_Problem requirements:_ Where in the data below does the word "nreplicas" appear? Copy each line that holds it.

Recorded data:
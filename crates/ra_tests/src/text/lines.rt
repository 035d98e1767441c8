//! A text that is read line by line, and names.
ghost use Rattle.ra_history_lines.specs.Lines.{HasNames};

use super::histories::OF_SIXTY_FOUR;
use crate::commands::{bare, elements_of};
use ra_history_text::{Item, LineFault, Names, NamesFault, Reading};
use ra_labels::{Command, Insertion, ListOp, Op};
use std::alloc::Global;
use std::process::Abort;

// Returns `true` if the line is a syntax fault.
fn is_none(reading: &mut Reading, line: &str) -> bool {
    matches!(reading.line(line.as_bytes()), Err(LineFault::Syntax))
}

// Returns the command of a line.
fn command_of(rt: &impl Abort, reading: &mut Reading, line: &str) -> Command {
    match reading.line(line.as_bytes()) {
        Ok(Item::CommandLine(command)) => command,
        _ => panic!(rt; "no command"),
    }
}

fn is_command(rt: &impl Abort, command: &Command, wanted: &Command) {
    assert!(rt; *command == *wanted);
}

// A name that is not listed is read as the number after the last replica, and a fault leaves the reading unchanged.
#[test]
fn reads_a_text_line_by_line(rt: HostRuntime) {
    let mut reading = Reading::new(rt.alloc());
    for (line, is_line) in [
        ("RAH 1 orset ", false),
        ("RAH 1 orset", true),
        ("replicas a join", false),
        ("replicas a b", true),
        ("verdict", true),
        ("b got 00", false),
    ] {
        assert!(rt; is_none(&mut reading, line) != is_line, "{line}");
    }
    let command = Command::Operate {
        replica: 2,
        op: Op::OrAdd { element: 4, id: 9 },
        stamp: None,
    };
    is_command(&rt, &command_of(&rt, &mut reading, "c add 4 #9"), &command);
}

// Reads the first two lines of a text.
fn reading_of(rt: &impl Abort, alloc: Global, text: &str) -> Reading
    ensures { HasNames result }
{
    let mut reading = Reading::new(alloc);
    let mut lines = text.as_bytes().split(|byte| *byte == b'\n');
    tells_a_kind(rt, &mut reading, lines.next().unwrap_or(b""));
    match reading.line(lines.next().unwrap_or(b"")) {
        Ok(Item::NamesLine(_)) => reading,
        _ => panic!(rt; "not read"),
    }
}

fn tells_a_kind(rt: &impl Abort, reading: &mut Reading, line: &[u8]) {
    match reading.line(line) {
        Ok(Item::KindLine(_)) => {}
        _ => panic!(rt; "not read"),
    }
}

const ONE: &str = "RAH 2 counter\nreplicas a\n";

const OF_LIST: &str = "RAH 1 list\nreplicas a\n";

const OF_RGA: &str = "RAH 1 rga\nreplicas a\n";

const OF_SET: &str = "RAH 2 orset\nreplicas a\n";

// Asserts that in a history of a list, the line is of this operation.
fn is_list_operation(rt: &impl Abort, alloc: Global, line: &str, op: ListOp) {
    let mut reading = reading_of(rt, alloc, OF_LIST);
    is_command(
        rt,
        &command_of(rt, &mut reading, line),
        &bare(0, Op::List(op)),
    );
}

// The numbers of an insertion are the left neighbour, the element and the right neighbour, and lists have any order.
#[test]
fn reads_the_operations_of_a_list(rt: HostRuntime) {
    let insertion = Insertion {
        left: 1,
        element: 2,
        right: 3,
    };
    let shown = elements_of(&rt, rt.alloc(), &[3, 1, 2]);
    let some = elements_of(&rt, rt.alloc(), &[5, 5]);
    is_list_operation(&rt, rt.alloc(), "a insert 1 2 3", ListOp::Insert(insertion));
    is_list_operation(&rt, rt.alloc(), "a remove 7", ListOp::Remove(7));
    is_list_operation(&rt, rt.alloc(), "a read 3,1,2", ListOp::Read(shown));
    is_list_operation(&rt, rt.alloc(), "a part 5,5", ListOp::Part(some));
}

// The words `insert` and `part` are read in lists alone; the words of the other kinds, in lists too.
#[test]
fn reads_the_words_of_a_list_in_lists_alone(rt: HostRuntime) {
    for (text, line, is_line) in [
        (OF_LIST, "a insert 0 4294967295 0", true),
        (OF_LIST, "a insert 0 4294967296 0", false),
        (OF_LIST, "a insert 0 1 0 @1", true),
        (OF_LIST, "a insert 0 1", false),
        (OF_LIST, "a insert 0 1 0 0", false),
        (OF_LIST, "a insert 0 1 00", false),
        (OF_LIST, "a insert 0,1,0", false),
        (OF_LIST, "a part -", true),
        (OF_LIST, "a part", false),
        (OF_LIST, "a part 5 6", false),
        (OF_LIST, "a remove 1 #-", true),
        (OF_LIST, "a after 0 1 @1", true),
        (OF_LIST, "a inc", true),
        (OF_RGA, "a insert 0 1 0", false),
        (OF_RGA, "a part -", false),
        (OF_SET, "a insert 0 1 0", false),
        (OF_SET, "a part 1", false),
        (ONE, "a insert 0 1 0", false),
        (ONE, "a part 1", false),
    ] {
        let mut reading = reading_of(&rt, rt.alloc(), text);
        assert!(rt; is_none(&mut reading, line) != is_line, "{line}");
    }
}

// Asserts that the line joins this replica from that one, and that its first name is the new one.
fn joins(rt: &impl Abort, alloc: Global, line: &str, replica: u8, from: u8) {
    let mut reading = reading_of(rt, alloc, ONE);
    let (command, name) = join_of(rt, &mut reading, line);
    is_command(rt, &command, &Command::Join { replica, from });
    assert!(rt; Some(name.as_bytes()) == line.as_bytes().get(5..6));
}

// Returns the command of a line that joins a replica, and the name.
fn join_of(rt: &impl Abort, reading: &mut Reading, line: &str) -> (Command, String) {
    match reading.line(line.as_bytes()) {
        Ok(Item::JoinLine { command, name }) => (command, name),
        _ => panic!(rt; "no join"),
    }
}

// The result of a join line and its name. The first name is the new one; if a replica has that name, the join is of
// that replica.
#[test]
fn tells_the_name_of_a_join(rt: HostRuntime) {
    for (line, replica, from) in [
        ("join b a", 1, 0),
        ("join c b", 1, 1),
        ("join c c", 1, 1),
        ("join a a", 0, 0),
    ] {
        joins(&rt, rt.alloc(), line, replica, from);
    }
}

// Returns the result of adding the name to those of the text.
fn added(rt: &impl Abort, alloc: Global, text: &str, name: &str) -> Result<(), NamesFault> {
    let mut reading = reading_of(rt, alloc, text);
    reading.add(name)
}

// A malformed or present name is reported before the lack of room.
#[test]
fn adds_names_until_there_are_sixty_four(rt: HostRuntime) {
    let bad = Err(NamesFault::BadName(0));
    for (text, name, wanted) in [
        (ONE, "a", bad),
        (ONE, "", bad),
        (ONE, "join", bad),
        (ONE, "verdict", bad),
        (ONE, "B", bad),
        (ONE, "9a", bad),
        (ONE, "abcdefghijklmnopq", bad),
        (ONE, "abcdefghijklmnop", Ok(())),
        (OF_SIXTY_FOUR, "n0", bad),
        (OF_SIXTY_FOUR, "n63", bad),
        (OF_SIXTY_FOUR, "join", bad),
        (OF_SIXTY_FOUR, "z", Err(NamesFault::BadCount)),
    ] {
        let outcome = added(&rt, rt.alloc(), text, name);
        assert!(rt; outcome == wanted, "{name}");
    }
}

// A name that was added is read.
#[test]
fn reads_names_that_were_added(rt: HostRuntime) {
    let mut reading = reading_of(&rt, rt.alloc(), ONE);
    assert!(rt; reading.add("b").is_ok());
    let delivery = Command::Deliver {
        replica: 1,
        label: 5,
    };
    is_command(&rt, &command_of(&rt, &mut reading, "b got 5"), &delivery);
}

// Returns the first fault of these names.
fn fault_of(alloc: Global, names: &[&str]) -> Option<NamesFault> {
    Names::new(alloc, names).err()
}

#[test]
fn tells_the_first_fault_of_names(rt: HostRuntime) {
    for (names, fault) in [
        (["a", "b"].as_slice(), None),
        (&[], Some(NamesFault::BadCount)),
        (&["a", "join"], Some(NamesFault::BadName(1))),
        (&["a", "a"], Some(NamesFault::BadName(1))),
        (&["a", "b", "a", "9"], Some(NamesFault::BadName(2))),
    ] {
        assert!(rt; fault_of(rt.alloc(), names) == fault);
    }
}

_Your response:_
const ONE: &str = "RAH 2 counter\nreplicas a\n";
const OF_LIST: &str = "RAH 1 list\nreplicas a\n";
const OF_RGA: &str = "RAH 1 rga\nreplicas a\n";
const OF_SET: &str = "RAH 2 orset\nreplicas a\n";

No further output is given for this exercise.